The required output consists solely of the lines from the top of the listing through the line containing "fails takes none.", transcribed exactly.
=== Section Start ===
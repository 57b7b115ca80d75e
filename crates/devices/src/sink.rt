//! Sinks of bytes.
ghost use Rattle.std.specs.Prelude.{◌≡◌, ◌≤◌, ◌+◌, false, length, OnOk, OnErr, IfOk};
ghost use Rattle.std.specs.Io.{WritesAtMost};
ghost use Rattle.std.specs.Io.KnownBytes.{Keeps, WriteAppends};
ghost use Rattle.devices.specs.Devices.{CanWrite, TakesBytes, TakesPart};

use crate::failed::Failed;

/// A sink of bytes.
pub trait Sink {
    ghost use Rattle.devices.specs.Devices.{SinkState};

    /// What the device tells about itself.
    ghost state: { Self → SinkState };

    /// Takes a front of the bytes, at least one, and returns how many. A write that fails takes none.
    fn write(&mut self, bytes: &[u8]) -> Result<usize, Failed>
        requires some { 1 ≤ length bytes.now }
        requires count { CanWrite (state self.old) }
        ensures within { WritesAtMost result bytes.now }
        ensures some { IfOk result (λ n. 1 ≤ n) }
        ensures bytes { WriteAppends (state self.old).held (state self.new).held result bytes.now }
        ensures ok { OnOk result ((state self.new).failures ≡ (state self.old).failures) }
        ensures err { OnErr result ((state self.new).failures ≡ (state self.old).failures + 1) };

    /// Passes on the bytes that the device took and kept back. If that fails, a write has failed.
    fn flush(&mut self) -> Result<(), Failed>
        requires count { CanWrite (state self.old) }
        ensures bytes { Keeps (state self.old).held (state self.new).held }
        ensures sent { OnOk result ((state self.new).keeps_back ≡ false) }
        ensures ok { OnOk result ((state self.new).failures ≡ (state self.old).failures) }
        ensures err { OnErr result ((state self.new).failures ≡ (state self.old).failures + 1) };
}

/// Writes all of the bytes.
pub fn write_all<W: Sink>(writer: &mut W, bytes: &[u8]) -> Result<(), Failed>
    requires { CanWrite (W.state writer.old) }
    ensures ok { OnOk result (TakesBytes (W.state writer.old) (W.state writer.new) bytes.now) }
    ensures err { OnErr result (TakesPart (W.state writer.old) (W.state writer.new) bytes.now) }
{
    let mut rest = bytes;
    while !rest.is_empty() {
        let n = writer.write(rest)?;
        rest = &rest[n..];
    }
    Ok(())
}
=== Section End ===
* _EXERCISE RESULT_:
repository 57b7b115ca80d75e
filename crates/devices/src/sink.rt
//! Sinks of bytes.
ghost use Rattle.std.specs.Prelude.{◌≡◌, ◌≤◌, ◌+◌, false, length, OnOk, OnErr, IfOk};
ghost use Rattle.std.specs.Io.{WritesAtMost};
ghost use Rattle.std.specs.Io.KnownBytes.{Keeps, WriteAppends};
ghost use Rattle.devices.specs.Devices.{CanWrite, TakesBytes, TakesPart};

use crate::failed::Failed;

/// A sink of bytes.
pub trait Sink {
    ghost use Rattle.devices.specs.Devices.{SinkState};

    /// What the device tells about itself.
    ghost state: { Self → SinkState };

    /// Takes a front of the bytes, at least one, and returns how many. A write that fails takes none.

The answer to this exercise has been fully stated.